Komuro T, Borsody M K, Ono S, Marton L S, Weir B K, Zhang Z D, Paik E, Macdonald R L
Section of Neurosurgery, Department of Surgery, The University of Chicago Medical Center, 5841 South Maryland Avenue, Chicago, IL 60637, USA.
Exp Biol Med (Maywood). 2001 Oct;226(9):860-5. doi: 10.1177/153537020122600909.
Carbon monoxide (CO) is known to increase cerebral blood flow, but the effect of CO on the vascular tone of large cerebral arteries is uncertain. We tested whether CO affects cerebral artery tone by measuring tension generated by ex vivo segments of dog basilar artery upon exposure to CO. In cerebral artery segments contracted with either KCl or prostaglandin F(2alpha), CO caused a concentration-related relaxation beginning with a concentration of 57 microM. Relaxation did not occur if CO was administered in the presence of bubbling carboxygen (95% O(2):5% CO(2)), which reduces greater than 99% of CO from the solution. Furthermore, the CO-induced relaxation of cerebral artery segments was reduced in the presence of the guanylyl cyclase inhibitor 1H-[1,2,4]oxadiazolo[4,3-a]quinoxalin-1-one (ODQ, 10 microM)or the potassium channel blocker tetraethylammonium (TEA, 1 mM). Neither ODQ nor TEA completely eliminated the relaxation caused by CO and there was no additive effect if ODQ and TEA were administered together. These results suggest that cerebral arteries are directly relaxed by CO and that this relaxation depends upon the activation of guanylyl cyclase and the opening of potassium channels.

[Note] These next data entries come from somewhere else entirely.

//! A visit to a net: its mark is taken, and where it was set, the net is evaluated and published, and where a word
//! moved, its readers are marked.

ghost use Rattle.std.specs.Prelude.{◌≡◌, ℕ, ◌*◌, ◌%◌, ◌<◌, ◌≤◌, ◌↔◌, List, [], length, slice_index, Some};
ghost use Rattle.std.specs.List.{All, Contains};
ghost use Rattle.std.specs.List.Sorted.{IsStrictlyIncreasing};
ghost use Rattle.xt_model.specs.Quads.{IsPairInRange};
ghost use Rattle.table_box.specs.Groups.{AreGroups};
ghost use Rattle.net_eval.specs.ReadLists.{AreReadLists, ids};
ghost use Rattle.chaos_core.specs.Boards.{nets_of};
ghost use Rattle.chaos_core.specs.Tasks.{list_of, evaluated};
ghost use Rattle.chaos_core.specs.Views.{IsLoaded};
ghost use Rattle.dirty_words.specs.declared.view.Flight.{Flight};
ghost use Rattle.dirty_words.specs.Boards.{IsOf};
ghost use Rattle.dirty_words.specs.Steps.{CanTake, IsNextToPublish};
ghost use Rattle.dirty_run.specs.Notes.{AreNotes};
ghost use Rattle.dirty_run.specs.Visits.{first_words, fresh_flight, HasEvaluated, HasLoaded, HasPaid};
ghost use Rattle.dirty_run.specs.Visits.{HasPublished, HasRoom};
ghost use Rattle.dirty_run.specs.Visits.{HasVisited, IsPublishing, IsReady, IsRun};

use crate::notes::{Before, Notes};
use crate::worker::{Run, Worker};
use chaos_core::{evaluate_grouped, evaluate_noted, moves_down, numbers_in};
use dirty_words::{DirtyBoard, DirtyPass};
use net_eval::ReadLists;
use xt_model::{Direction, NetId, Pair};

/// Loads all words of the read list of the net in flight.
fn load_all(
    board: &DirtyBoard,
    pass: &mut DirtyPass,
    lists: &ReadLists,
    net: NetId,
    loaded: &mut [u64],
)
    requires own { IsOf board.now pass.old }
    requires fresh { pass.old.view.flight ≡ Some (fresh_flight net.0) }
    requires there { net.0 < nets_of pass.old.view.base.setting }
    requires lists { pass.old.view.lists ≡ lists.now }
    requires whole { AreReadLists pass.old.view.base.setting.design lists.now }
    requires room { 8 * length (list_of lists.now net.0) ≤ length loaded.old }
    ensures own { IsOf board.now pass.new }
    ensures loaded { HasLoaded pass.old.view net.0 (first_words lists.now net.0 loaded.new) pass.new.view }
    ensures room { length loaded.new ≡ length loaded.old }
{
    // What the pass has seen, where there is no word to load.
    pass.respects();
    let reads = lists.of(net);
    for read in 0..reads.len() {
        let first = 8 * reads[read].0 as usize;
        for place in 0..8 {
            loaded[8 * read + place] = board.load(pass, first + place);
        }
    }
}

/// What the operator makes of a net of the numbers loaded for its read list: as noted in the round before, where what
/// decides it is the same, and else by an evaluation.
fn evaluate_recalled<G>(
    run: &Run<'_, G>,
    before: &Before,
    net: NetId,
    numbers: &[u64],
    places: &mut [u32],
) -> Pair
    requires groups { AreGroups run.now.design.now.tables run.now.groups.now }
    requires before { All (AreNotes run.now.design.now run.now.lists.now) before.now.notes.items }
    requires there { net.0 < length run.now.lists.now }
    requires loaded { IsLoaded run.now.design.now (list_of run.now.lists.now net.0) net.0 numbers.now }
    requires places { length run.now.design.now.nets ≤ length places.old }
    ensures value { result
        ≡ evaluated run.now.design.now (list_of run.now.lists.now net.0) numbers.now net.0 }
    ensures range { IsPairInRange result }
    ensures count { length places.new ≡ length places.old }
{
    let reads = run.lists.of(net);
    let Some(noted) = before.recall(run, net) else {
        return evaluate_grouped(run.design, run.groups, reads, net, numbers, places);
    };
    evaluate_noted(
        run.design,
        run.groups,
        reads,
        net,
        numbers,
        places,
        noted.numbers,
        noted.pair,
    )
}

/// The same, by a worker that notes its evaluations: it notes this one.
fn evaluate_loaded<G>(
    run: &Run<'_, G>,
    before: &Before,
    net: NetId,
    numbers: &[u64],
    places: &mut [u32],
    notes: &mut Notes,
) -> Pair
    requires groups { AreGroups run.now.design.now.tables run.now.groups.now }
    requires before { All (AreNotes run.now.design.now run.now.lists.now) before.now.notes.items }
    requires there { net.0 < length run.now.lists.now }
    requires loaded { IsLoaded run.now.design.now (list_of run.now.lists.now net.0) net.0 numbers.now }
    requires places { length run.now.design.now.nets ≤ length places.old }
    requires notes { AreNotes run.now.design.now run.now.lists.now notes.old }
    ensures value { result
        ≡ evaluated run.now.design.now (list_of run.now.lists.now net.0) numbers.now net.0 }
    ensures range { IsPairInRange result }
    ensures count { length places.new ≡ length places.old }
    ensures notes { AreNotes run.now.design.now run.now.lists.now notes.new }
{
    let pair = evaluate_recalled(run, before, net, numbers, places);
    notes.note(net, numbers, &pair);
    pair
}

/// Loads all words of the read list of the net in flight, and gives what the operator makes of the net of them. Notes
/// both.
fn evaluate<G>(
    run: &Run<'_, G>,
    before: &Before,
    pass: &mut DirtyPass,
    worker: &mut Worker,
    net: NetId,
) -> Pair
    requires run { IsRun run.now.board.now run.now.design.now run.now.groups.now
        run.now.lists.now run.now.readers.now run.now.direction }
    requires before { All (AreNotes run.now.design.now run.now.lists.now) before.now.notes.items }
    requires own { IsOf run.now.board.now pass.old }
    requires fresh { pass.old.view.flight ≡ Some (fresh_flight net.0) }
    requires there { net.0 < nets_of pass.old.view.base.setting }
    requires room { HasRoom run.now.design.now run.now.lists.now worker.old }
    ensures own { IsOf run.now.board.now pass.new }
    ensures evaluated { HasEvaluated pass.old.view run.now.design.now run.now.lists.now net.0 result pass.new.view }
    ensures range { IsPairInRange result }
    ensures room { HasRoom run.now.design.now run.now.lists.now worker.new }
{
    load_all(
        run.board,
        pass,
        run.lists,
        net,
        worker.loaded.as_mut_slice(),
    );
    let loaded = &worker.loaded.as_slice()[..8 * run.lists.of(net).len()];
    let places = worker.places.as_mut_slice();
    evaluate_loaded(run, before, net, loaded, places, &mut worker.notes)
}

/// Publishes the next word of the net in flight: whether that moved the word.
fn publish(
    board: &DirtyBoard,
    pass: &mut DirtyPass,
    way: Direction,
    word: usize,
    value: u64,
) -> bool
    requires own { IsOf board.now pass.old }
    requires way { pass.old.view.base.setting.way ≡ way }
    requires word { word < 8 * nets_of pass.old.view.base.setting }
    requires next { (f : Flight) × IsNextToPublish pass.old.view word value f }
    ensures own { IsOf board.now pass.new }
    ensures published { (f : Flight) → pass.old.view.flight ≡ Some f
        → HasPublished pass.old.view f word value result pass.new.view }
{
    if moves_down(way, word) {
        return value < board.lower(pass, word, value);
    }
    board.raise(pass, word, value) < value
}

/// One of several numbers.
fn number_at(numbers: &[u64], place: usize) -> u64
    requires { place < length numbers.now }
    ensures { result ≡ slice_index numbers.now place }
{
    numbers[place]
}

/// Publishes the eight words of the net in flight: whether one of them moved.
fn publish_all(
    board: &DirtyBoard,
    pass: &mut DirtyPass,
    way: Direction,
    net: NetId,
    pair: &Pair,
) -> bool
    requires own { IsOf board.now pass.old }
    requires way { pass.old.view.base.setting.way ≡ way }
    requires there { net.0 < nets_of pass.old.view.base.setting }
    requires free { pass.old.view.owed ≡ [] }
    requires range { IsPairInRange pair.now }
    requires ready { (f : Flight) × IsReady pass.old.view net.0 pair.now f }
    ensures own { IsOf board.now pass.new }
    ensures published { (f : Flight) → pass.old.view.flight ≡ Some f
        → IsPublishing pass.old.view net.0 pair.now f 8 result pass.new.view }
{
    pass.respects();
    let numbers = numbers_in(pair);
    let mut moved = false;
    for place in 0..8 {
        let word = 8 * net.0 as usize + place;
        if publish(board, pass, way, word, number_at(&numbers, place)) {
            moved = true;
        }
    }
    moved
}

/// Marks each of several nets, all that are owed.
fn pay(board: &DirtyBoard, pass: &mut DirtyPass, readers: &[NetId])
    requires own { IsOf board.now pass.old }
    requires once { IsStrictlyIncreasing (ids readers.now) }
    requires owed { (m : ℕ) → Contains pass.old.view.owed m ↔ Contains (ids readers.now) m }
    ensures own { IsOf board.now pass.new }
    ensures paid { HasPaid pass.old.view pass.new.view }
{
    for reader in readers {
        board.mark(pass, *reader);
    }
}

/// Visits a net of which the pass drew the number.
pub(crate) fn visit<G>(
    run: &Run<'_, G>,
    before: &Before,
    pass: &mut DirtyPass,
    worker: &mut Worker,
    net: NetId,
)
    requires run { IsRun run.now.board.now run.now.design.now run.now.groups.now
        run.now.lists.now run.now.readers.now run.now.direction }
    requires before { All (AreNotes run.now.design.now run.now.lists.now) before.now.notes.items }
    requires own { IsOf run.now.board.now pass.old }
    requires take { CanTake pass.old.view net.0 }
    requires room { HasRoom run.now.design.now run.now.lists.now worker.old }
    ensures own { IsOf run.now.board.now pass.new }
    ensures visited { HasVisited pass.old.view net.0 pass.new.view }
    ensures room { HasRoom run.now.design.now run.now.lists.now worker.new }
{
    // What the pass has seen, where the mark was not set.
    pass.respects();
    if !run.board.take(pass, net) {
        return;
    }
    let pair = evaluate(run, before, pass, worker, net);
    if publish_all(run.board, pass, run.direction, net, &pair) {
        pay(run.board, pass, run.readers.of(net));
    }
}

众所周知,一氧化碳(CO)可增加脑血流量,但CO对大脑大动脉血管张力的影响尚不确定。我们通过测量犬基底动脉离体节段在暴露于CO时产生的张力,来测试CO是否会影响脑动脉张力。在用氯化钾或前列腺素F(2α)收缩的脑动脉节段中,CO从57微摩尔的浓度开始引起浓度相关的舒张。如果在通入羧氧混合气(95%O₂:5%CO₂)的情况下给予CO,则不会发生舒张,羧氧混合气可使溶液中99%以上的CO减少。此外,在存在鸟苷酸环化酶抑制剂1H-[1,2,4]恶二唑并[4,3-a]喹喔啉-1-酮(ODQ,10微摩尔)或钾通道阻滞剂四乙铵(TEA,1毫摩尔)的情况下,CO诱导的脑动脉节段舒张减弱。ODQ和TEA均未完全消除CO引起的舒张,并且如果同时给予ODQ和TEA,也没有相加作用。这些结果表明,CO可直接使脑动脉舒张,且这种舒张依赖于鸟苷酸环化酶的激活和钾通道的开放。